SUPPLIED RECORDS
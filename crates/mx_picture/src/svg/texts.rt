//! Texts of a drawing, of any characters.

use crate::positions::Position;
use mx_judging::Part::{self, Decimal, Text};
use mx_judging::add_parts;
use std::alloc::AllocError;

/// Adds a text.
pub(crate) fn add_text(
    out: &mut String,
    at: Position,
    style: &str,
    text: &[Part],
) -> Result<(), AllocError> {
    add_parts(
        out,
        &[
            Text("<text x=\""),
            Decimal(at.x),
            Text("\" y=\""),
            Decimal(at.y),
            Text("\" "),
            Text(style),
            Text(">"),
        ],
    )?;
    add_words(out, text)?;
    out.push_str("</text>\n")
}

/// Adds a text that rises to the right from a place.
pub(crate) fn add_rising(
    out: &mut String,
    at: Position,
    style: &str,
    text: &[Part],
) -> Result<(), AllocError> {
    let (x, y) = (Decimal(at.x), Decimal(at.y));
    add_parts(
        out,
        &[
            Text("<text x=\""),
            x,
            Text("\" y=\""),
            y,
            Text("\" transform=\"rotate(-52 "),
            x,
            Text(" "),
            y,
            Text(")\" "),
            Text(style),
            Text(">"),
        ],
    )?;
    add_words(out, text)?;
    out.push_str("</text>\n")
}

/// Adds words of any characters.
pub(crate) fn add_words(out: &mut String, text: &[Part]) -> Result<(), AllocError> {
    for part in text {
        match part {
            Text(words) => add_escaped_words(out, words)?,
            number => add_parts(out, &[*number])?,
        }
    }
    Ok(())
}

// Adds words, with the characters that have a meaning in SVG spelled by their names.
fn add_escaped_words(out: &mut String, words: &str) -> Result<(), AllocError> {
    for c in words.chars() {
        match c {
            '<' => out.push_str("&lt;")?,
            '>' => out.push_str("&gt;")?,
            '&' => out.push_str("&amp;")?,
            other => out.push(other)?,
        }
    }
    Ok(())
}
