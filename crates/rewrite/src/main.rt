// rewrite: reads a case file on standard input and writes the bytes that come of reading and writing it again, or one
// line that says why it is refused. It keeps one byte more than the longest file has.

#![tactic(auto)]

use rack::{Case, LONGEST_FILE, Outcome, Written};
use report::Refused;
use std::io;

// Writes a case that was read.
fn write(rt: &impl Print, case: Case) -> io::Result<()> {
    let mut room = [0u8; LONGEST_FILE];
    match writer::write_case(&mut room, case) {
        Written::Bytes(n) => rt.write_all(report::first(&room, n)),
        Written::Refused(number, beside) => println!(rt; "{}", Refused(number, beside)),
    }
}

fn main(rt: HostRuntime) -> io::Result<()> {
    let mut file = [0u8; LONGEST_FILE + 1];
    let n = input::read_full(&mut rt.stdin(), &mut file)?;
    let reading = reader::read_case(&file[..n]);
    match reading.outcome {
        Outcome::Whole => write(&rt, reading.case),
        Outcome::Refused(number, beside) => println!(rt; "{}", Refused(number, beside)),
    }
}
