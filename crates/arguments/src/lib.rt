// The numbers that a program's arguments spell in decimal digits, and how many arguments there are.

#![tactic(auto)]

ghost use Rattle.std.specs.Prelude.{◌≡◌, ◌≤◌, IfSome};
ghost use Rattle.arguments.specs.Numbers.{spelled};

use std::env::{Env, FillError};

// No more digits of an argument are looked at.
const LONGEST: usize = 32;

// The number that decimal digits spell, if there is any and it is at most `most`.
// Kept: `str::parse` takes `+1` too, which `spelled` does not.
fn number(digits: &[u8], most: usize) -> Option<usize>
    ensures { result ≡ spelled digits.now most }
{
    if digits.is_empty() {
        return None;
    }
    let mut value = 0usize;
    for digit in digits {
        if !digit.is_ascii_digit() {
            return None;
        }
        value = value
            .checked_mul(10)?
            .checked_add(usize::from(digit - b'0'))?;
    }
    if value <= most { Some(value) } else { None }
}

// The number that argument i spells, if there is that argument, in at most 32 digits, and it spells one that is at
// most `most`. What the arguments are no contract can say; `number` is proved to read them as `spelled` does.
pub fn argument(rt: &impl Env, i: usize, most: usize) -> Option<usize>
    ensures { IfSome result (λ n. n ≤ most) }
{
    let mut room = [0u8; LONGEST];
    let n = rt.arg(i, &mut room).ok()?;
    number(&room[..n], most)
}

// Whether there is an argument i, of whatever length.
fn stands(rt: &impl Env, i: usize) -> bool {
    let mut room = [0u8; 1];
    !matches!(rt.arg(i, &mut room), Err(FillError::NotPresent))
}

// How many arguments there are, the program's name among them.
pub fn count(rt: &impl Env) -> usize {
    (0..usize::MAX)
        .find(|i| !stands(rt, *i))
        .unwrap_or(usize::MAX)
}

EXERCISE PROMPT
Your answer should be the data above, retyped in full and unaltered.

OUTPUT FOR THIS TASK
filename crates/mx_picture/src/svg/texts.rt
//! Texts of a drawing, of any characters.

use crate::positions::Position;
use mx_judging::Part::{self, Decimal, Text};
use mx_judging::add_parts;
use std::alloc::AllocError;

/// Adds a text.
pub(crate) fn add_text(
    out: &mut String,
    at: Position,
    style: &str,
    text: &[Part],
) -> Result<(), AllocError> {
    add_parts(
        out,
        &[
            Text("<text x=\""),
            Decimal(at.x),
            Text("\" y=\""),
            Decimal(at.y),
            Text("\" "),
            Text(style),
            Text(">"),
        ],
    )?;
    add_words(out, text)?;
    out.push_str("</text>\n")
}

/// Adds a text that rises to the right from a place.
pub(crate) fn add_rising(
    out: &mut String,
    at: Position,
    style: &str,
    text: &[Part],
) -> Result<(), AllocError> {
    let (x, y) = (Decimal(at.x), Decimal(at.y));
    add_parts(
        out,
        &[
            Text("<text x=\""),
            x,
            Text("\" y=\""),
            y,
            Text("\" transform=\"rotate(-52 "),
            x,
            Text(" "),
            y,
            Text(")\" "),
            Text(style),
            Text(">"),
        ],
    )?;
    add_words(out, text)?;
    out.push_str("</text>\n")
}

/// Adds words of any characters.
pub(crate) fn add_words(out: &mut String, text: &[Part]) -> Result<(), AllocError> {
    for part in text {
        match part {
            Text(words) => add_escaped_words(out, words)?,
            number => add_parts(out, &[*number])?,
        }
    }
    Ok(())
}

// Adds words, with the characters that have a meaning in SVG spelled by their names.
fn add_escaped_words(out: &mut String, words: &str) -> Result<(), AllocError> {
    for c in words.chars() {
        match c {
            '<' => out.push_str("&lt;")?,
            '>' => out.push_str("&gt;")?,
            '&' => out.push_str("&amp;")?,
            other => out.push(other)?,
        }
    }
    Ok(())
}
filename crates/rewrite/src/main.rt
// rewrite: reads a case file on standard input and writes the bytes that come of reading and writing it again, or one
// line that says why it is refused. It keeps one byte more than the longest file has.

#![tactic(auto)]

use rack::{Case, LONGEST_FILE, Outcome, Written};
use report::Refused;
use std::io;

// Writes a case that was read.
fn write(rt: &impl Print, case: Case) -> io::Result<()> {
    let mut room = [0u8; LONGEST_FILE];
    match writer::write_case(&mut room, case) {
        Written::Bytes(n) => rt.write_all(report::first(&room, n)),
        Written::Refused(number, beside) => println!(rt; "{}", Refused(number, beside)),
    }
}

fn main(rt: HostRuntime) -> io::Result<()> {
    let mut file = [0u8; LONGEST_FILE + 1];
    let n = input::read_full(&mut rt.stdin(), &mut file)?;
    let reading = reader::read_case(&file[..n]);
    match reading.outcome {
        Outcome::Whole => write(&rt, reading.case),
        Outcome::Refused(number, beside) => println!(rt; "{}", Refused(number, beside)),
    }
}
filename crates/arguments/src/lib.rt
// The numbers that a program's arguments spell in decimal digits, and how many arguments there are.

#![tactic(auto)]

ghost use Rattle.std.specs.Prelude.{◌≡◌, ◌≤◌, IfSome};
ghost use Rattle.arguments.specs.Numbers.{spelled};

use std::env::{Env, FillError};

// No more digits of an argument are looked at.
const LONGEST: usize = 32;

// The number that decimal digits spell, if there is any and it is at most `most`.
// Kept: `str::parse` takes `+1` too, which `spelled` does not.
fn number(digits: &[u8], most: usize) -> Option<usize>
    ensures { result ≡ spelled digits.now most }
{
    if digits.is_empty() {
        return None;
    }
    let mut value = 0usize;
    for digit in digits {
        if !digit.is_ascii_digit() {
            return None;
        }
        value = value
            .checked_mul(10)?
            .checked_add(usize::from(digit - b'0'))?;
    }
    if value <= most { Some(value) } else { None }
}

// The number that argument i spells, if there is that argument, in at most 32 digits, and it spells one that is at
// most `most`. What the arguments are no contract can say; `number` is proved to read them as `spelled` does.
pub fn argument(rt: &impl Env, i: usize, most: usize) -> Option<usize>
    ensures { IfSome result (λ n. n ≤ most) }
{
    let mut room = [0u8; LONGEST];
    let n = rt.arg(i, &mut room).ok()?;
    number(&room[..n], most)
}

// Whether there is an argument i, of whatever length.
fn stands(rt: &impl Env, i: usize) -> bool {
    let mut room = [0u8; 1];
    !matches!(rt.arg(i, &mut room), Err(FillError::NotPresent))
}

// How many arguments there are, the program's name among them.
pub fn count(rt: &impl Env) -> usize {
    (0..usize::MAX)
        .find(|i| !stands(rt, *i))
        .unwrap_or(usize::MAX)
}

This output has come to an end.